Review: During and after reading The Bell Jar, I have become fascinated by Sylvia Plath and plan to read more by and about her. It’s 1953, and for a woman who wants to define her life by her work and her mind, the pressures of marriage and womanhood are immense. Esther is surrounded by talented girls who want nothing more than a rich husband and children. Esther doesn’t fit into that mold, and she is unable to create her own.
I think it’s a strong point of the book that Plath doesn’t present as the proximate cause anyone in particular (the mother, the misdiagnosis, the boyfriend, the patriarchal society). Rather, all of these elements stand for themselves, and we are left to wonder which contributed, and to what extent, to the downfall of this promising young woman.
Plath uses an almost causal tone when describing Esther’s breakdown. Everything is stated matter-of-factly, demonstrating how even the mentally ill can think rationally.
The book deserves its place among the best of the American classics. Plath was a literary genius whose own struggles with mental illness gave her poetry and prose a tragic and haunting voice.
Opening Line: “It was a queer, sultry summer, the summer they electrocuted the Rosenbergs, and I didn’t know what I was doing in New York.”
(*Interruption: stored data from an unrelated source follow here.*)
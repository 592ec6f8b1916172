// The finder: the part of a file that holds an element.
ghost use Rattle.std.specs.Prelude.{◌≡◌, ◌+◌};
ghost use Rattle.table_lines.specs.Lines.{Found};
ghost use Rattle.reader_spec.specs.Finder as Finder;

use table_lines::Line;

// What the tag table says of the element of a signature: its offset and its size. There is no such line where the reader refuses the file, and where
// the tag is absent.
pub fn find_line(file: &[u8], signature: [u8; 4]) -> Option<Line>
    ensures { Found signature result (Finder.found file.now signature) }
{
    match crate::read(file) {
        Ok(_) => table_lines::line_of(file, signature),
        Err(_) => None,
    }
}

// The caller's own part of the file that holds the element of a signature, without padding. It is empty where the reader refuses the file, and
// where the tag is absent.
pub fn find(file: &[u8], signature: [u8; 4]) -> &[u8]
    ensures result_value { result.now ≡ Finder.find file.now signature }
    ensures ref_ptr_value { (result.ref_ptr.0 ≡ file.entry.ref_ptr.0) × (result.ref_ptr.1 ≡ file.entry.ref_ptr.1 + (Finder.found file.now signature).offset) }
{
    match find_line(file, signature) {
        Some(line) => {
            let offset = line.offset as usize;
            &file[offset..offset + line.size as usize]
        }
        None => &file[..0],
    }
}
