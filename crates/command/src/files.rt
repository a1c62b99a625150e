//! The file commands: they seal or open a file into another one, in memory of a fixed size.
ghost use Rattle.std.specs.Prelude.{◌≡◌, ◌⊎◌, true, is_some, IfOk, IfErr, MatchResult};
ghost use Rattle.octets.specs.Device.{Failed};
ghost use Rattle.aead.specs.Refusals.{UntouchedUnless, late_in_one_reading, late_in_readings};
ghost use Rattle.aead.specs.Ciphers.{setting};
ghost use Rattle.aead.specs.AnyCiphers.{one_pass_keyed, keyed_of};
ghost use Rattle.command.specs.Blames.{InputMayFail, OutputMayFail, Blames};
ghost use Rattle.command.specs.Files.{Sealing, Opening, Engine};
ghost use Rattle.command.specs.Code.Engines.{EngineRan, Ran};
ghost use Rattle.command.specs.Files.{FileDone, FileStopped, RefusesOneFile, late_faults, StopsLate, EngineOf, Wrote};
ghost use Rattle.command.specs.NewFiles.{held};
ghost use Rattle.command.specs.declared.failure.Failure.TheVariants.{Fault as OfFault};

use crate::commands::aead_inputs;
use crate::failure::Failure;
use crate::identity::is_one_file;
use crate::new_file::NewFile;
use crate::readings::reading;
use crate::storage::Storage;
use crate::words::{FileCommand, FileRequest};
use aead::{AnyAead, AnyOnePass, GcmSiv, open_stream, seal_siv_stream, seal_stream};
use octets::{Fault, Nonce, Outlet};
use std::alloc::Allocator;

// Seals a file into an outlet, in one reading.
#[tactic(auto, using(crate::proofs::BlamesLemmas::unopened_blames))]
fn seal_once<F: Storage, O: Outlet>(
    files: &F,
    path: &str,
    cipher: &AnyOnePass,
    nonce: &Nonce,
    aad: &[u8],
    out: &mut O,
) -> Result<(), Fault>
    ensures ran { EngineRan (Sealing (F.contents files.now path.now))
        (setting (one_pass_keyed cipher.now) nonce.now aad.now)
        (O.taken out.old) (O.taken out.new) (out.new ≡ out.old) result }
    ensures blame { Blames (λ f. f) (InputMayFail (F.open_may_fail files.now path.now) F.Input.failures)
        (Failed (O.failures out.old) (O.failures out.new)) result }
    ensures untouched { UntouchedUnless late_in_one_reading out.old out.new result }
{
    let mut text = reading(files, path, 0)?;
    seal_stream(cipher, nonce, aad, &mut text, out)
}

// Seals a file into an outlet under AES-GCM-SIV, in two readings.
#[tactic(auto, using(crate::proofs::BlamesLemmas::unopened_blames))]
fn seal_twice<F: Storage, O: Outlet>(
    files: &F,
    path: &str,
    cipher: &GcmSiv,
    nonce: &Nonce,
    aad: &[u8],
    out: &mut O,
) -> Result<(), Fault>
    ensures ran { EngineRan (Sealing (F.contents files.now path.now))
        (setting cipher.now nonce.now aad.now)
        (O.taken out.old) (O.taken out.new) (out.new ≡ out.old) result }
    ensures blame { Blames (λ f. f) (InputMayFail (F.open_may_fail files.now path.now) F.Input.failures)
        (Failed (O.failures out.old) (O.failures out.new)) result }
    ensures untouched { UntouchedUnless late_in_readings out.old out.new result }
{
    let mut first = reading(files, path, 0)?;
    let mut second = reading(files, path, 1)?;
    seal_siv_stream(cipher, nonce, aad, &mut first, &mut second, out)
}

// Opens a file into an outlet, in three readings.
#[tactic(auto, using(crate::proofs::BlamesLemmas::unopened_blames))]
fn open_thrice<F: Storage, O: Outlet>(
    files: &F,
    path: &str,
    cipher: &AnyAead,
    nonce: &Nonce,
    aad: &[u8],
    out: &mut O,
) -> Result<(), Fault>
    ensures ran { EngineRan (Opening (F.contents files.now path.now))
        (setting (keyed_of cipher.now) nonce.now aad.now)
        (O.taken out.old) (O.taken out.new) (out.new ≡ out.old) result }
    ensures blame { Blames (λ f. f) (InputMayFail (F.open_may_fail files.now path.now) F.Input.failures)
        (Failed (O.failures out.old) (O.failures out.new)) result }
    ensures untouched { UntouchedUnless late_in_readings out.old out.new result }
{
    let mut measure = reading(files, path, 0)?;
    let mut verify = reading(files, path, 1)?;
    let mut write = reading(files, path, 2)?;
    open_stream(
        cipher,
        nonce,
        aad,
        &mut measure,
        &mut verify,
        &mut write,
        out,
    )
}

// Runs a command's engine from a file into an outlet, under any cipher.
fn run_engine<F: Storage, O: Outlet>(
    files: &F,
    words: &FileRequest<'_>,
    cipher: &AnyAead,
    nonce: &Nonce,
    aad: &[u8],
    out: &mut O,
) -> Result<(), Fault>
    ensures ran { EngineRan (Engine words.now.command (F.contents files.now words.now.input.now))
        (setting (keyed_of cipher.now) nonce.now aad.now)
        (O.taken out.old) (O.taken out.new) (out.new ≡ out.old) result }
    ensures blame { Blames (λ f. f)
        (InputMayFail (F.open_may_fail files.now words.now.input.now) F.Input.failures)
        (Failed (O.failures out.old) (O.failures out.new)) result }
    ensures untouched { UntouchedUnless (late_faults words.now.command) out.old out.new result }
{
    match words.command {
        FileCommand::Seal => match cipher {
            AnyAead::OnePass(cipher) => seal_once(files, words.input, cipher, nonce, aad, out),
            AnyAead::Siv(cipher) => seal_twice(files, words.input, cipher, nonce, aad, out),
        },
        FileCommand::Open => open_thrice(files, words.input, cipher, nonce, aad, out),
    }
}

// Runs a command's engine from a file into an outlet, on the inputs that the words spell.
fn run_command<A: Allocator, F: Storage, O: Outlet>(
    alloc: &A,
    files: &F,
    words: &FileRequest<'_>,
    out: &mut O,
) -> Result<(), Failure>
    ensures ran { Ran (Engine words.now.command (F.contents files.now words.now.input.now)) words.now.inputs
        (O.taken out.old) (O.taken out.new) (out.new ≡ out.old) result }
    ensures blame { Blames OfFault
        (InputMayFail (F.open_may_fail files.now words.now.input.now) F.Input.failures)
        (Failed (O.failures out.old) (O.failures out.new)) result }
    ensures untouched { IfErr result (λ e. StopsLate words.now.command e ⊎ (out.new ≡ out.old)) }
{
    let inputs = aead_inputs(alloc, &words.inputs)?;
    Ok(run_engine(
        files,
        words,
        &inputs.cipher,
        &inputs.nonce,
        &inputs.aad,
        out,
    )?)
}

// Runs a file command into a file that is not made before it is needed, and returns status 0. `Words` if it would be made over
// the file to read.
fn write_file<'a, A: Allocator, B: Allocator, F: Storage>(
    alloc: &A,
    files: &F,
    words: &FileRequest<'_>,
    file: &mut NewFile<'a, F, B>,
) -> Result<u8, Failure>
    // The new bytes in the file follow those that it had taken before.
    ensures answer { let before = ⟦<NewFile<'a, F, B> as Outlet>⟧.taken file.old in
        MatchResult result
        (λ _. FileDone (EngineOf (F.contents files.now) words.now) words.now.inputs before
        (held before F.Output.taken file.new.file))
        (FileStopped (EngineOf (F.contents files.now) words.now) words.now.inputs before
        (held before F.Output.taken file.new.file) (file.new.file ≡ file.old.file)) }
    ensures two_files { RefusesOneFile (F.leads_to files.now) words.now result }
    ensures made { IfOk result (λ _. is_some file.new.file ≡ true) }
    ensures blame { Blames OfFault
        (InputMayFail (F.open_may_fail files.now words.now.input.now) F.Input.failures)
        (OutputMayFail F.make_may_fail F.Output.failures) result }
    ensures untouched { IfErr result (λ e. StopsLate words.now.command e ⊎ (file.new.file ≡ file.old.file)) }
    ensures status { IfOk result (λ status. status ≡ 0) }
{
    if is_one_file(files.identity(words.input), files.identity(words.output)) {
        return Err(Failure::Words);
    }
    run_command(alloc, files, words, file)?;
    file.finish()?;
    Ok(0)
}

/// `seal-file` and `open-file`: seals or opens a file into another one, and returns status 0. The written file is
/// closed when this returns.
///
/// Faults, in this order: `Words` if both paths lead to one file, as a link does, those of the inputs, `Read` if the file can't
/// be opened, and those of the engine;
/// `OutOfMemory` wherever an allocation fails. The engine's faults for sealing are `AadTooLong`, `TextTooLong` once more than
/// the suite's limit was read, `Read`, `Write`, and for AES-GCM-SIV `SourceChanged`. For opening they are `AadTooLong`, then
/// those of its three readings: nothing is written before authentication of a whole reading has succeeded.
///
/// On `SourceChanged`, `Read` and `Write`, and on `TextTooLong` when sealing, the written file was not made, or holds a prefix
/// of its intended contents, which has to be thrown away. On any other fault, and if the file to read can't be opened, the
/// written file was not made.
pub fn write_new_file<A: Allocator, F: Storage>(
    alloc: &A,
    files: &F,
    request: &FileRequest<'_>,
) -> Result<u8, Failure>
    // On `Ok` the written file holds all that the engine gave; on `Err` it was not made, or holds a prefix of that. If both paths
    // lead to one file, the result is `Words`, and nothing was made.
    ensures wrote { Wrote (F.leads_to files.now) (F.contents files.now) (F.blank files.now) F.Output.taken request.now result }
    // `Read` comes only if the input can fail, and `Write` only if the output can.
    ensures blame { Blames OfFault
        (InputMayFail (F.open_may_fail files.now request.now.input.now) F.Input.failures)
        (OutputMayFail F.make_may_fail F.Output.failures) result }
    ensures status { IfOk result (λ status. status ≡ 0) }
{
    let mut file = NewFile::new(alloc, files, request.output)?;
    write_file(alloc, files, request, &mut file)
}
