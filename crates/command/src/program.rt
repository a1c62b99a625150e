//! The program, with a writer for each stream.
ghost use Rattle.std.specs.Prelude.{◌≤◌, ◌≡◌, ◌↔◌, ◌⊎◌, ⊤, [], Err, IfOk, IfErr, MatchResult};
ghost use Rattle.std.specs.Prelude.{string_bytes};
ghost use Rattle.std.specs.Io.KnownBytes.{Appends};
ghost use Rattle.octets.specs.Device.{GivesAll};
ghost use Rattle.command.specs.Answers.{Answered, Stopped, Silent, IsOutputFailure};
ghost use Rattle.command.specs.Answers.{IsRefusedAs, Answers, AppendsBeginning, Ends, Runs};
ghost use Rattle.command.specs.Blames.{InputMayFail, Blames, RequestBlames};
ghost use Rattle.command.specs.declared.failure.Failure.TheVariants.{Fault as OfFault};
ghost use Rattle.command.specs.Hex.{hex_line};
ghost use Rattle.command.specs.Names.{failure_line};
ghost use Rattle.command.specs.Reports.{report_text, IsChecked, FileRefused};
ghost use Rattle.command.specs.Statuses.{failure_status};

use crate::failure::{Failure, fault_of};
use crate::files::write_new_file;
use crate::storage::Storage;
use crate::version::VERSION;
use crate::words::{PrintRequest, Refusal, Request};
use crate::{commands, words};
use octets::{DeviceFault, Fault};
use std::alloc::{AllocError, Allocator, Global};
use std::convert::AsStr;
use std::fmt::{InlineText, Write as _};
use std::io::{ErrorKind, Write};
use vectors::Report;

// Writes text to standard output, and returns status 0. The only faults are `Write` and `OutOfMemory`.
fn print<W: Write>(out: &mut W, text: &str) -> Result<u8, Failure>
    ensures { MatchResult result
        (λ status. (status ≡ 0) × Appends (W.contents out.old) (W.contents out.new) text.now)
        IsOutputFailure }
{
    if let Err(error) = out.write_all(text.as_bytes()) {
        return Err(Failure::Fault(fault_of(&error, Fault::Write)));
    }
    // Flushed here, so that a fault that the system finds late shows in the status.
    if let Err(error) = out.flush() {
        return Err(Failure::Fault(fault_of(&error, Fault::Write)));
    }
    Ok(0)
}

// Prints the value that a command returns as one line of lower-case hexadecimal, and returns status 0. A failure of the command
// is passed on; the only other faults are `Write` and `OutOfMemory`.
fn print_value<A: Allocator + Copy, W: Write>(
    alloc: A,
    out: &mut W,
    value: Result<Vec<u8, A>, Failure>,
) -> Result<u8, Failure>
    ensures { MatchResult value
        (λ v. MatchResult result
        (λ status. (status ≡ 0) × Appends (W.contents out.old) (W.contents out.new) (hex_line v.items))
        IsOutputFailure)
        (λ e. (result ≡ Err e) × (W.contents out.new ≡ W.contents out.old)) }
{
    let mut line = hex::encode(alloc, &value?)?;
    line.push('\n')?;
    print(out, &line)
}

// Returns the text of a report: the number of records, then a line for each bad one.
fn report_text<A: Allocator>(alloc: A, records: u64, bad: &[u64]) -> Result<String<A>, AllocError>
    ensures { IfOk result (λ text. string_bytes text ≡ report_text records bad.now) }
{
    let mut text = String::new(alloc);
    writeln!(text, "records {records}")?;
    for number in bad {
        writeln!(text, "bad {number}")?;
    }
    Ok(text)
}

// Returns the status of a report: 0 if there are records and none is bad, else 1.
fn report_status<A: Allocator>(report: &Report<A>) -> u8
    ensures yes { (result ≡ 0) ↔ ((1 ≤ report.now.records) × (report.now.bad.items ≡ [])) }
    ensures bound { result ≤ 1 }
{
    if report.yes() { 0 } else { 1 }
}

// Prints the report of a vector file, and returns status 0, or 1 if a record is bad or there is none.
fn print_checking<A: Allocator, F: Storage, W: Write>(
    alloc: &A,
    files: &F,
    path: &str,
    out: &mut W,
) -> Result<u8, Failure>
    ensures answer { MatchResult result
        (IsChecked (F.contents files.now path.now 0) (W.contents out.old) (W.contents out.new))
        (Silent (W.contents out.old) (W.contents out.new) (FileRefused (F.contents files.now path.now 0))) }
    ensures blame { Blames OfFault
        (InputMayFail (F.open_may_fail files.now path.now) F.Input.failures) ⊤ result }
    ensures status { IfOk result (λ status. status ≤ 1) }
{
    let report = commands::check(alloc, files, path)?;
    let text = report_text(alloc, report.records, &report.bad)?;
    print(out, &text)?;
    Ok(report_status(&report))
}

/// Does what a request asks for: prints its answer and returns the status, which is 0, or 1 for a file with bad records.
/// Faults, in this order: those of its values, those of the call, `Write`; `OutOfMemory` wherever an allocation fails.
pub fn perform<A: Allocator, F: Storage, W: Write>(
    alloc: &A,
    files: &F,
    request: &PrintRequest<'_>,
    out: &mut W,
) -> Result<u8, Failure>
    // On `Ok` the right answer was printed; on `Err` the failure is one that the request can have.
    ensures answer { MatchResult result
        (Answered (F.contents files.now) (W.contents out.old) (W.contents out.new) request.now)
        (Stopped (F.contents files.now) (W.contents out.old) (W.contents out.new) request.now) }
    // `Read` comes only if the input can fail.
    ensures blame { RequestBlames
        (λ path. InputMayFail (F.open_may_fail files.now path) F.Input.failures) request.now result }
    ensures status { IfOk result (λ status. status ≤ 1) }
{
    match request {
        PrintRequest::Seal(inputs) => print_value(alloc, out, commands::seal(alloc, inputs)),
        PrintRequest::Open(inputs) => print_value(alloc, out, commands::open(alloc, inputs)),
        PrintRequest::Wrap { key, text, pad } => {
            print_value(alloc, out, commands::wrap(alloc, key, text, *pad))
        }
        PrintRequest::Unwrap { key, sealed, pad } => {
            print_value(alloc, out, commands::unwrap(alloc, key, sealed, *pad))
        }
        PrintRequest::Check { path } => print_checking(alloc, files, path, out),
    }
}

// Prints the help or the version that was asked for, or returns why the words are not a request.
fn refuse<W: Write>(alloc: Global, refusal: &Refusal, out: &mut W) -> Result<u8, Failure>
    ensures answer { IsRefusedAs refusal.now (W.contents out.old) (W.contents out.new) result }
    ensures status { IfOk result (λ status. status ≤ 1) }
{
    match refusal {
        Refusal::Help(help) => {
            let text = format!(in alloc; "{help}")?;
            print(out, &text)
        }
        Refusal::Version => {
            let line = format!(in alloc; "aeadkit {VERSION}\n")?;
            print(out, &line)
        }
        Refusal::Words => Err(Failure::Words),
        Refusal::OutOfMemory => Err(Failure::Fault(Fault::OutOfMemory)),
    }
}

// Writes a line to standard error, in at most 1,000 writes. An interrupted write is tried again. At any other failure a
// beginning of the line was written.
fn write_line<E: Write>(err: &mut E, line: &[u8]) -> Result<(), DeviceFault>
    ensures { GivesAll (E.contents err.old) (E.contents err.new) result line.now }
{
    let mut at = 0;
    for _ in 0..1000 {
        if at == line.len() {
            return Ok(());
        }
        match err.write(&line[at..]) {
            Ok(0) => return Err(DeviceFault),
            Ok(n) => at += n,
            Err(error) if error.kind() == ErrorKind::Interrupted => {}
            Err(_) => return Err(DeviceFault),
        }
    }
    Err(DeviceFault)
}

/// Prints on standard error why the program stops, and returns the status. If standard error fails, the status is the same.
pub fn report<E: Write>(err: &mut E, failure: Failure) -> u8
    ensures value { result ≡ failure_status failure }
    ensures bound { result ≤ 4 }
    // What is printed is a beginning of the line that names this failure.
    ensures line { AppendsBeginning (E.contents err.old) (E.contents err.new) (failure_line failure) }
{
    // No contract says what `writeln!` wrote before it failed, so the line is made first, and then written by `write`. The longest
    // one, an unknown suite in the line with the greatest number, has 51 bytes.
    let mut line = InlineText::<64>::new();
    if let Ok(()) = writeln!(line, "aeadkit: {failure}") {
        let _ = write_line(err, line.as_str().as_bytes());
    }
    failure.status()
}

// Carries out the request or the refusal that the words were read as.
fn answer<F: Storage, W: Write>(
    alloc: Global,
    files: &F,
    read: &Result<Request<'_>, Refusal>,
    out: &mut W,
) -> Result<u8, Failure>
    ensures answers { Answers (F.leads_to files.now) (F.contents files.now) (F.blank files.now) F.Output.taken
        (W.contents out.old) (W.contents out.new) read.now result }
    ensures status { IfOk result (λ status. status ≤ 1) }
{
    match read {
        Ok(Request::Print(request)) => perform(&alloc, files, request, out),
        Ok(Request::Write(request)) => write_new_file(&alloc, files, request),
        Err(refusal) => refuse(alloc, refusal, out),
    }
}

/// Carries out the request or the refusal that the words were read as, and returns the program's status. If standard error
/// fails, the status is the same.
pub fn respond<F: Storage, W: Write, E: Write>(
    alloc: Global,
    files: &F,
    read: &Result<Request<'_>, Refusal>,
    out: &mut W,
    err: &mut E,
) -> u8
    ensures ends { Ends (F.leads_to files.now) (F.contents files.now) (F.blank files.now) F.Output.taken
        (W.contents out.old) (W.contents out.new) (E.contents err.old) (E.contents err.new) read.now result }
    ensures bound { result ≤ 4 }
    // With status 0 nothing is printed on standard error.
    ensures quiet { result ≡ 0 → E.contents err.new ≡ E.contents err.old }
{
    match answer(alloc, files, read, out) {
        Ok(status) => status,
        Err(failure) => report(err, failure),
    }
}

/// Runs the command line, which is the words after the program's name, and returns the status: 0 if it succeeded, 1 if
/// authentication failed or a vector file has a fault or a bad record, 2 if the words or a value are invalid, 3 if a read or a
/// write failed or a file changed between two readings, 4 if an allocation failed.
pub fn run<S: AsStr, F: Storage, W: Write, E: Write>(
    alloc: Global,
    files: &F,
    words: &[S],
    out: &mut W,
    err: &mut E,
) -> u8
    // Standard output, standard error and the status are those of a request or a refusal that the words can be read as.
    // Which one that is, is left to `clap` and to tests.
    ensures runs { Runs (F.leads_to files.now) (F.contents files.now) (F.blank files.now) F.Output.taken
        (W.contents out.old) (W.contents out.new) (E.contents err.old) (E.contents err.new) result }
    ensures bound { result ≤ 4 }
    ensures quiet { result ≡ 0 → E.contents err.new ≡ E.contents err.old }
{
    respond(alloc, files, &words::read(alloc, words), out, err)
}
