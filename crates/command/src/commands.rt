//! The commands on values given in hexadecimal, and `check`.
ghost use Rattle.std.specs.Prelude.{◌≡◌, ◌⊎◌, ⊤, MatchResult, IfErr};
ghost use Rattle.aes.specs.Cipher.{IsKey};
ghost use Rattle.aead.specs.AnyCiphers.{keyed_of};
ghost use Rattle.aead.specs.Refusals.{WholeSealRefused, WholeOpenRefused};
ghost use Rattle.command.specs.Aead.{IsReady, IsSealed, IsOpened, InputsRefused, IsRefused};
ghost use Rattle.command.specs.Blames.{InputMayFail, Blames};
ghost use Rattle.command.specs.Hex.{Spells, IsBadHex};
ghost use Rattle.command.specs.Reports.{IsReportOf, FileRefused};
ghost use Rattle.command.specs.Keywrap.{Wraps, IsWrapped, IsUnwrapped, IsWrapRefused, WrapInputsRefused};
ghost use Rattle.command.specs.Keywrap.{WrapFault, UnwrapFault};
ghost use Rattle.command.specs.declared.failure.Failure.TheVariants.{BadHex, Fault as OfFault};
ghost use Rattle.octets.specs.declared.fault.Fault.TheVariants.{OutOfMemory};

use crate::failure::Failure;
use crate::readings::file_bytes;
use crate::storage::Storage;
use crate::words::Inputs;
use aead::{AnyAead, Suite};
use aes::AesKey;
use hex::FromHexError;
use octets::{Fault, Nonce};
use std::alloc::Allocator;
use vectors::Report;

// Returns the bytes that a hexadecimal value spells. `BadHex` if it is not an even number of hex digits.
fn decode<A: Allocator>(alloc: A, digits: &str) -> Result<Vec<u8, A>, Failure>
    ensures { MatchResult result (λ v. Spells digits.now v.items)
        (λ e. (e ≡ OfFault OutOfMemory) ⊎ ((e ≡ BadHex) × IsBadHex digits.now)) }
{
    match hex::decode(alloc, digits) {
        Ok(bytes) => Ok(bytes),
        Err(FromHexError::OutOfMemory) => Err(Failure::Fault(Fault::OutOfMemory)),
        Err(_) => Err(Failure::BadHex),
    }
}

// Returns the wrapping of a text, with padding or without.
fn wrap_text<A: Allocator>(
    alloc: A,
    key: &AesKey,
    text: &[u8],
    pad: bool,
) -> Result<Vec<u8, A>, Fault>
    ensures { MatchResult result (λ v. Wraps pad key.now v.items text.now) (WrapFault pad key.now text.now) }
{
    if pad {
        keywrap::wrap_padded(alloc, key, text)
    } else {
        keywrap::wrap(alloc, key, text)
    }
}

// Returns the text of a wrapping, with padding or without.
fn unwrap_text<A: Allocator>(
    alloc: A,
    key: &AesKey,
    sealed: &[u8],
    pad: bool,
) -> Result<Vec<u8, A>, Fault>
    ensures { MatchResult result (λ v. Wraps pad key.now sealed.now v.items)
        (UnwrapFault pad key.now sealed.now) }
{
    if pad {
        keywrap::unwrap_padded(alloc, key, sealed)
    } else {
        keywrap::unwrap(alloc, key, sealed)
    }
}

// A key, and a text to wrap or a wrapping.
#[derive(Drop)]
struct WrapInputs<A: Allocator> {
    key: AesKey,
    body: Vec<u8, A>,
}

// Returns the key and the bytes that the words spell. Faults, in this order: `BadHex` for the key, then for the bytes, and
// `KeyLength`.
fn wrap_inputs<'a, A: Allocator>(
    alloc: &'a A,
    key: &str,
    body: &str,
) -> Result<WrapInputs<&'a A>, Failure>
    ensures { MatchResult result
        (λ call. IsKey call.key × Spells key.now call.key × Spells body.now call.body.items)
        (WrapInputsRefused key.now body.now) }
{
    let key_bytes = decode(alloc, key)?;
    let body = decode(alloc, body)?;
    Ok(WrapInputs {
        key: AesKey::from_slice(&key_bytes)?,
        body,
    })
}

// `wrap`: returns the wrapping of a text, with padding or without. Faults, in this order: `BadHex` for the key, then for the
// text, `KeyLength`, and those of the call.
pub(crate) fn wrap<'a, A: Allocator>(
    alloc: &'a A,
    key: &str,
    text: &str,
    pad: bool,
) -> Result<Vec<u8, &'a A>, Failure>
    ensures { MatchResult result (λ v. IsWrapped pad key.now text.now v.items)
        (IsWrapRefused (WrapFault pad) key.now text.now) }
{
    let call = wrap_inputs(alloc, key, text)?;
    Ok(wrap_text(alloc, &call.key, &call.body, pad)?)
}

// `unwrap`: returns the text of a wrapping, with padding or without. Faults, in this order: `BadHex` for the key, then for the
// wrapping, `KeyLength`, and those of the call.
pub(crate) fn unwrap<'a, A: Allocator>(
    alloc: &'a A,
    key: &str,
    sealed: &str,
    pad: bool,
) -> Result<Vec<u8, &'a A>, Failure>
    ensures { MatchResult result (λ v. IsUnwrapped pad key.now sealed.now v.items)
        (IsWrapRefused (UnwrapFault pad) key.now sealed.now) }
{
    let call = wrap_inputs(alloc, key, sealed)?;
    Ok(unwrap_text(alloc, &call.key, &call.body, pad)?)
}

// The inputs of a call under a suite.
#[derive(Drop)]
pub(crate) struct AeadInputs<A: Allocator> {
    pub(crate) cipher: AnyAead,
    pub(crate) nonce: Nonce,
    pub(crate) aad: Vec<u8, A>,
    pub(crate) body: Vec<u8, A>,
}

// Returns the inputs that the words spell. Faults, in this order: `UnknownSuite`, `BadHex` for the key, the nonce, the
// associated data and the body, `KeyLength`, `NonceLength`.
pub(crate) fn aead_inputs<'a, A: Allocator>(
    alloc: &'a A,
    words: &Inputs<'_>,
) -> Result<AeadInputs<&'a A>, Failure>
    ensures { MatchResult result
        (λ p. IsReady words.now (keyed_of p.cipher) p.nonce p.aad.items p.body.items)
        (InputsRefused words.now) }
{
    let Some(suite) = Suite::named(words.suite) else {
        return Err(Failure::UnknownSuite);
    };
    let key = decode(alloc, words.key)?;
    let nonce = decode(alloc, words.nonce)?;
    let aad = decode(alloc, words.aad)?;
    let body = decode(alloc, words.body)?;
    Ok(AeadInputs {
        cipher: AnyAead::new(suite, &key)?,
        nonce: Nonce::from_slice(&nonce)?,
        aad,
        body,
    })
}

// `seal`: returns the sealing of a text. The faults of its inputs come first, then those of the call.
pub(crate) fn seal<'a, A: Allocator>(
    alloc: &'a A,
    words: &Inputs<'_>,
) -> Result<Vec<u8, &'a A>, Failure>
    ensures { MatchResult result (λ v. IsSealed words.now v.items) (IsRefused WholeSealRefused words.now) }
{
    let call = aead_inputs(alloc, words)?;
    Ok(aead::seal(alloc, &call.cipher, &call.nonce, &call.aad, &call.body)?)
}

// `open`: returns the text of sealed bytes. The faults of its inputs come first, then those of the call.
pub(crate) fn open<'a, A: Allocator>(
    alloc: &'a A,
    words: &Inputs<'_>,
) -> Result<Vec<u8, &'a A>, Failure>
    ensures { MatchResult result (λ v. IsOpened words.now v.items) (IsRefused WholeOpenRefused words.now) }
{
    let call = aead_inputs(alloc, words)?;
    Ok(aead::open(alloc, &call.cipher, &call.nonce, &call.aad, &call.body)?)
}

// `check`: returns the report of a vector file. The faults of reading it come first, then the first fault of its lines.
pub(crate) fn check<'a, A: Allocator, F: Storage>(
    alloc: &'a A,
    files: &F,
    path: &str,
) -> Result<Report<&'a A>, Failure>
    ensures answer { MatchResult result
        (λ r. IsReportOf (F.contents files.now path.now 0) r.records r.bad.items)
        (FileRefused (F.contents files.now path.now 0)) }
    ensures blame { Blames OfFault
        (InputMayFail (F.open_may_fail files.now path.now) F.Input.failures) ⊤ result }
{
    let file = file_bytes(alloc, files, path)?;
    match vectors::check(alloc, &file) {
        Ok(report) => Ok(report),
        Err(fault) => Err(Failure::Vector(fault)),
    }
}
Closing Line: “The eyes and the faces all turned themselves toward me, and guiding myself by them, as by a magical thriead, I stepped into the room.”
Quotes: “I saw myself sitting in the crotch of this fig tree, starving to death, just because I couldn’t make up my mind which of the figs I would choose. I wanted each and every one of them , but choosing one meant losing all the rest, and, as I sat there, unable to decide, the figs began to wrinkle and go black, and, one by one, they plopped to the ground at my feet.”